Try fitting models with Animal.ID, Passage, or both in addition to Treatment. In other words, try all four of the following model formulae:
~ Treatment # (This is the model we just fit in class)
~ Animal.ID + Treatment
~ Passage + Treatment
~ Animal.ID + Passage + Treatment
Use the filtered dataset with the outlier animal samples removed. In addition to testing Treatment for differential expression in each model, also test the other covariates for differential expression by passing a different value for the coef
argument to topTable
. You will need to pass a vector of all the columns of the design matrix relevant to the covariate. Below, I have included an example of how to fit the model and test for differential expression for the formula ~Passage + Treatment
. (Hint: use colnames(design)
to help you figure out which coefficients to test.)

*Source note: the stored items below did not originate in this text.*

//! Many calls, and one sync.

ghost use Rattle.std.specs.Prelude.{◌≡◌, ◌↔◌, ◌<◌, true, false, [], length, Some, IfOk, OnOk};
ghost use Rattle.std.specs.Prelude.{IsErrOf};
ghost use Rattle.std.specs.Vec.{vec_capacity, vec_len};
ghost use Rattle.bag_check.specs.Check.{check_of};
ghost use Rattle.book.specs.Batches.{HoldsFirst, Syncs, synced_book, waiting};
ghost use Rattle.dgram.specs.Decoded.{message_of};
ghost use Rattle.proposer.specs.VolatileStates.{VolatileState};
ghost use Rattle.site.specs.Batches.{Calls, Queries, RefusesOnly, done_of};
ghost use Rattle.site.specs.Calls.{Deposits, Proposes, Recovers, Asks, Arrives};
ghost use Rattle.site.specs.Sites.{Represents};

use crate::fault::SiteFault;
use crate::member_site::Site;
use crate::sealed_answer::SealedAnswer;
use bag_tree::Facts;
use book::{CommitFault, SyncedCell, Waiting};
use cell_device::Cell;
use dgram::Message;
use fed_types::{Members, SiteNo, Slot};
use std::alloc::Global;
use std::marker::Model;
use std::mem;

/// A site whose newest records wait for a sync, with the answers of its calls since. It seals them:
/// only `sync` hands them out. A clause sees an `OpenBatch`.
#[derive(Drop)]
pub struct Batch<C: Cell> {
    alloc: Global,
    held: SyncedCell<C>,
    site: Site<Waiting>,
    sealed: Vec<SealedAnswer>,
}

impl<C: Cell> Model for Batch<C> {
    ghost use Rattle.site.specs.Batches.{OpenBatch, IsBatch};

    ghost Value = { OpenBatch C };

    ghost view = { λ b. record { held = b.held; site = b.site; sealed = b.sealed.items } };

    ghost invariant = { λ b. IsBatch C.device
        (record { held = b.held; site = b.site; sealed = b.sealed.items }) };
}

impl<C: Cell> Site<C> {
    /// Begins a batch: from now on the site's records wait until `Batch::sync`. There is no call on
    /// the cell, and nothing is sealed.
    pub fn begin_batch(self) -> Batch<C>
        ensures records { result.site.book.records ≡ self.book.records }
        ensures owner { result.site.book.owner ≡ self.book.owner }
        ensures represents { (volatile : VolatileState) → Represents self volatile
            → Represents result.site volatile }
        ensures cell { result.held.cell ≡ self.book.cell }
        ensures synced { result.held.synced ≡ length self.book.records }
        ensures needs_opening { result.held.needs_opening ≡ self.book.needs_opening }
        ensures sealed { result.sealed ≡ [] }
    {
        let Site {
            alloc,
            book,
            tables,
        } = self;
        let (book, held) = book.begin_batch();
        Batch {
            alloc,
            held,
            site: Site {
                alloc,
                book,
                tables,
            },
            sealed: Vec::new(alloc),
        }
    }
}

impl<C: Cell> Batch<C> {
    /// The site's number.
    pub fn number(&self) -> SiteNo
        ensures { result ≡ self.now.site.book.owner.site }
    {
        self.site.number()
    }

    /// The members of its federation.
    pub fn members(&self) -> Members
        ensures { result ≡ self.now.site.book.owner.members }
    {
        self.site.members()
    }

    /// Whether the device has failed since the site was opened.
    pub fn needs_opening(&self) -> bool
        ensures { result ≡ self.now.held.needs_opening }
    {
        self.held.needs_opening()
    }

    /// How many answers are sealed.
    pub fn sealed(&self) -> usize
        ensures { result ≡ length self.now.sealed }
    {
        self.sealed.len()
    }

    /// Proposes the slot's deposit, as `Site::propose`. Its answer is sealed. It is refused if the
    /// batch needs opening, or if there is no memory to seal an answer.
    pub fn propose(&mut self, slot: &Slot) -> Result<(), SiteFault>
        ensures calls { Calls self.old self.new (Proposes slot.now) result }
        ensures refused { RefusesOnly result }
        ensures needs_open { IsErrOf result SiteFault.NeedsOpen
            ↔ (self.old.held.needs_opening ≡ true) }
    {
        make_room(&self.held, &mut self.sealed)?;
        let answer = self.site.propose(slot);
        self.sealed.push_reserved(SealedAnswer::Called(answer));
        Ok(())
    }

    /// Takes a tree as the slot's deposit, as `Site::deposit`; the rest is as for `propose`.
    pub fn deposit(&mut self, slot: &Slot, facts: &Facts) -> Result<(), SiteFault>
        ensures calls { Calls self.old self.new (Deposits slot.now (check_of facts.now)) result }
        ensures refused { RefusesOnly result }
        ensures needs_open { IsErrOf result SiteFault.NeedsOpen
            ↔ (self.old.held.needs_opening ≡ true) }
    {
        make_room(&self.held, &mut self.sealed)?;
        let answer = self.site.deposit(slot, facts);
        self.sealed.push_reserved(SealedAnswer::Called(answer));
        Ok(())
    }

    /// Recovers what may be chosen for the slot, as `Site::recover`; the rest is as for `propose`.
    pub fn recover(&mut self, slot: &Slot) -> Result<(), SiteFault>
        ensures calls { Calls self.old self.new (Recovers slot.now) result }
        ensures refused { RefusesOnly result }
        ensures needs_open { IsErrOf result SiteFault.NeedsOpen
            ↔ (self.old.held.needs_opening ≡ true) }
    {
        make_room(&self.held, &mut self.sealed)?;
        let answer = self.site.recover(slot);
        self.sealed.push_reserved(SealedAnswer::Called(answer));
        Ok(())
    }

    /// Asks a member for the bag that it knows, as `Site::ask`; the rest is as for `propose`.
    pub fn ask(&mut self, slot: &Slot, to: SiteNo) -> Result<(), SiteFault>
        ensures calls { Calls self.old self.new (Asks slot.now to) result }
        ensures refused { RefusesOnly result }
        ensures needs_open { IsErrOf result SiteFault.NeedsOpen
            ↔ (self.old.held.needs_opening ≡ true) }
    {
        make_room(&self.held, &mut self.sealed)?;
        let answer = self.site.ask(slot, to);
        self.sealed.push_reserved(SealedAnswer::Called(answer));
        Ok(())
    }

    /// A datagram arrives, as at `Site::arrive`; the rest is as for `propose`.
    pub fn arrive(&mut self, bytes: &[u8]) -> Result<(), SiteFault>
        ensures calls { Calls self.old self.new (Arrives (message_of
            self.old.site.book.owner.members.federation bytes.now)) result }
        ensures refused { RefusesOnly result }
        ensures needs_open { IsErrOf result SiteFault.NeedsOpen
            ↔ (self.old.held.needs_opening ≡ true) }
    {
        make_room(&self.held, &mut self.sealed)?;
        let answer = self.site.arrive(bytes);
        self.sealed.push_reserved(SealedAnswer::Called(answer));
        Ok(())
    }

    /// A decoded datagram arrives, as at `Site::arrive_message`; the rest is as for `propose`.
    pub fn arrive_message(&mut self, message: Message) -> Result<(), SiteFault>
        ensures calls { Calls self.old self.new (Arrives (Some message)) result }
        ensures refused { RefusesOnly result }
        ensures needs_open { IsErrOf result SiteFault.NeedsOpen
            ↔ (self.old.held.needs_opening ≡ true) }
    {
        make_room(&self.held, &mut self.sealed)?;
        let answer = self.site.arrive_message(message);
        self.sealed.push_reserved(SealedAnswer::Called(answer));
        Ok(())
    }

    /// What the site knows of the slot, as `Site::query`. It may be on a record that waits, so the
    /// reply is sealed too.
    pub fn query(&mut self, slot: &Slot) -> Result<(), SiteFault>
        ensures queries { Queries self.old self.new slot.now result }
        ensures refused { RefusesOnly result }
        ensures needs_open { IsErrOf result SiteFault.NeedsOpen
            ↔ (self.old.held.needs_opening ≡ true) }
    {
        make_room(&self.held, &mut self.sealed)?;
        let reply = self.site.query(slot);
        self.sealed.push_reserved(SealedAnswer::Replied(reply));
        Ok(())
    }

    /// Syncs the records that wait, with one append and one sync, and hands out all answers, in
    /// order. If the device fails they are lost: no answer is handed out, now or later, and the
    /// site needs opening. If memory runs out all is as it was, and it can be tried again. If no
    /// record waits it makes no call.
    pub fn sync(&mut self) -> Result<Vec<SealedAnswer>, CommitFault>
        ensures syncs { self.old.held.needs_opening ≡ false
            → Syncs C.device (synced_book self.old.held self.old.site.book)
            (waiting self.old.held self.old.site.book) (done_of result)
            (synced_book self.new.held self.new.site.book) }
        ensures site { self.new.site ≡ self.old.site }
        ensures handed_out { IfOk result (λ answers. answers.items ≡ self.old.sealed) }
        ensures opened { OnOk result (self.new.sealed ≡ []) }
        ensures device { IsErrOf result CommitFault.Device → self.new.sealed ≡ [] }
        ensures memory { IsErrOf result CommitFault.Memory → self.new.sealed ≡ self.old.sealed }
        ensures needs_open { IsErrOf result CommitFault.NeedsOpen
            ↔ (self.old.held.needs_opening ≡ true) }
    {
        match sync_site(&mut self.held, &self.site) {
            Ok(()) => Ok(mem::replace(&mut self.sealed, Vec::new(self.alloc))),
            Err(CommitFault::Device) => {
                self.sealed.clear();
                Err(CommitFault::Device)
            }
            Err(fault) => Err(fault),
        }
    }

    /// Hands the cell back as it is, with no call on it. What is sealed is lost.
    pub fn close(self) -> C
        ensures { result ≡ self.held.cell }
    {
        let Batch { held, .. } = self;
        held.close()
    }
}

// Makes room for an answer, unless the batch needs opening.
fn make_room<C: Cell>(held: &SyncedCell<C>, sealed: &mut Vec<SealedAnswer>) -> Result<(), SiteFault>
    ensures room { OnOk result (vec_len sealed.new < vec_capacity sealed.new) }
    ensures items { sealed.new.items ≡ sealed.old.items }
    ensures refused { RefusesOnly result }
    ensures needs_open { IsErrOf result SiteFault.NeedsOpen ↔ (held.now.needs_opening ≡ true) }
{
    if held.needs_opening() {
        return Err(SiteFault::NeedsOpen);
    }
    sealed.reserve(1)?;
    Ok(())
}

// Syncs the site's records that wait.
fn sync_site<C: Cell>(held: &mut SyncedCell<C>, site: &Site<Waiting>) -> Result<(), CommitFault>
    requires { HoldsFirst C.device held.old site.now.book }
    ensures syncs { held.old.needs_opening ≡ false
        → Syncs C.device (synced_book held.old site.now.book) (waiting held.old site.now.book)
        result (synced_book held.new site.now.book) }
    ensures needs_open { IsErrOf result CommitFault.NeedsOpen
        ↔ (held.old.needs_opening ≡ true) }
    ensures held { HoldsFirst C.device held.new site.now.book }
{
    held.sync(site.alloc, &site.book)
}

design <- model.matrix(~ Passage + Treatment, data=good_sample_table)
v <- voom(good_filtered_count_matrix, design, lib.size=good_normalized_total_counts)
v$genes <- filtered_gene_info
fit <- lmFit(v, design)
fit <- eBayes(fit, robust=TRUE)
results <- topTable(fit, coef="TreatmentIFNg", adjust.method="BH", n=Inf)
table(results$adj.P.Val <= 0.1)
passage.results <- topTable(fit, coef=c("PassageP5", "PassageP6"), n=Inf)
table(passage.results$adj.P.Val <= 0.1)
Based on your results for all four models, decide which model best fits the data. Justify your choice with MDS plots and p-value distribution plots that show why you are including or excluding each of Animal.ID and Passage from your model. How do your results for Treatment change when you include your chosen covariates? Does your model give more differentially expressed genes than the one we fit in class? If so, how many more? How many genes are differentially expressed with respect to your chosen covariates? Do these results still hold when using a different signifcance threshold, such as 5% or 1% FDR instead of 10%?
For help fitting models with multiple covariates, see the Limma User’s Guide section 9.4, “Additive Models and Blocking”.